Problem to work on: Reproduce nothing but the lines from the one containing "if above.contains(&(q, r))" to the end of the records below, each exactly as written.

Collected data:
"""
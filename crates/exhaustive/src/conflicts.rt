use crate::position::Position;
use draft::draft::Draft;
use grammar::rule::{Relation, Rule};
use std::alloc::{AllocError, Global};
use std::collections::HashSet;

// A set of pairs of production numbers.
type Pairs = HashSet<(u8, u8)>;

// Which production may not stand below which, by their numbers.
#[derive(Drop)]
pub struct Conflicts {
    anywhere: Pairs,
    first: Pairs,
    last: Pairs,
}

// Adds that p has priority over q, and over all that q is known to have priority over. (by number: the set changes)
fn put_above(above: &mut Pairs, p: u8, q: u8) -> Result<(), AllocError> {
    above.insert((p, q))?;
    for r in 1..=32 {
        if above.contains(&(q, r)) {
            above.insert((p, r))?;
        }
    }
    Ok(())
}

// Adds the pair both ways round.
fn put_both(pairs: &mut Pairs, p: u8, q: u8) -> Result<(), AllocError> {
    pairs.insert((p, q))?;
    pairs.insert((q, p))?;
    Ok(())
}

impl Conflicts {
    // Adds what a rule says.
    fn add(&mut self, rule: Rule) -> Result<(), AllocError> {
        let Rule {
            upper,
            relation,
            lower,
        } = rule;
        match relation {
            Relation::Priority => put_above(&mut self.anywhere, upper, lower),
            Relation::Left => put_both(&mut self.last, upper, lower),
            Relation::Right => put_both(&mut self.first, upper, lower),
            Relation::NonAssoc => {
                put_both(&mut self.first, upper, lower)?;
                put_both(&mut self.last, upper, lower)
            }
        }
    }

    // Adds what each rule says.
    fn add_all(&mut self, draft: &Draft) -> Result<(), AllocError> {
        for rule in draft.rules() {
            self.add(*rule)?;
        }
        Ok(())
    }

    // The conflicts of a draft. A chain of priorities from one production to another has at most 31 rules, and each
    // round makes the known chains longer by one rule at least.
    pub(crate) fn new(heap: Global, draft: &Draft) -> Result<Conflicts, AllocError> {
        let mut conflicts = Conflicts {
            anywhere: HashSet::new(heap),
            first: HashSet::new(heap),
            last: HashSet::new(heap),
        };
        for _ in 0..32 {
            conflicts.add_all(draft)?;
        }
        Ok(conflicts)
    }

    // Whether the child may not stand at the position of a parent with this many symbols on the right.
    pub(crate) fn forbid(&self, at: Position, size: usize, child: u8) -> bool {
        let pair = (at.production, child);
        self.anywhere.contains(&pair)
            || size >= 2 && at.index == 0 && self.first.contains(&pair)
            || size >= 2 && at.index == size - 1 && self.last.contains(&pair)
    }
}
"""
Response to this exercise:
        if above.contains(&(q, r)) {
            above.insert((p, r))?;
        }
    }
    Ok(())
}

// Adds the pair both ways round.
fn put_both(pairs: &mut Pairs, p: u8, q: u8) -> Result<(), AllocError> {
    pairs.insert((p, q))?;
    pairs.insert((q, p))?;
    Ok(())
}

impl Conflicts {
    // Adds what a rule says.
    fn add(&mut self, rule: Rule) -> Result<(), AllocError> {
        let Rule {
            upper,
            relation,
            lower,
        } = rule;
        match relation {
            Relation::Priority => put_above(&mut self.anywhere, upper, lower),
            Relation::Left => put_both(&mut self.last, upper, lower),
            Relation::Right => put_both(&mut self.first, upper, lower),
            Relation::NonAssoc => {
                put_both(&mut self.first, upper, lower)?;
                put_both(&mut self.last, upper, lower)
            }
        }
    }

    // Adds what each rule says.
    fn add_all(&mut self, draft: &Draft) -> Result<(), AllocError> {
        for rule in draft.rules() {
            self.add(*rule)?;
        }
        Ok(())
    }

    // The conflicts of a draft. A chain of priorities from one production to another has at most 31 rules, and each
    // round makes the known chains longer by one rule at least.
    pub(crate) fn new(heap: Global, draft: &Draft) -> Result<Conflicts, AllocError> {
        let mut conflicts = Conflicts {
            anywhere: HashSet::new(heap),
            first: HashSet::new(heap),
            last: HashSet::new(heap),
        };
        for _ in 0..32 {
            conflicts.add_all(draft)?;
        }
        Ok(conflicts)
    }

    // Whether the child may not stand at the position of a parent with this many symbols on the right.
    pub(crate) fn forbid(&self, at: Position, size: usize, child: u8) -> bool {
        let pair = (at.production, child);
        self.anywhere.contains(&pair)
            || size >= 2 && at.index == 0 && self.first.contains(&pair)
            || size >= 2 && at.index == size - 1 && self.last.contains(&pair)
    }
}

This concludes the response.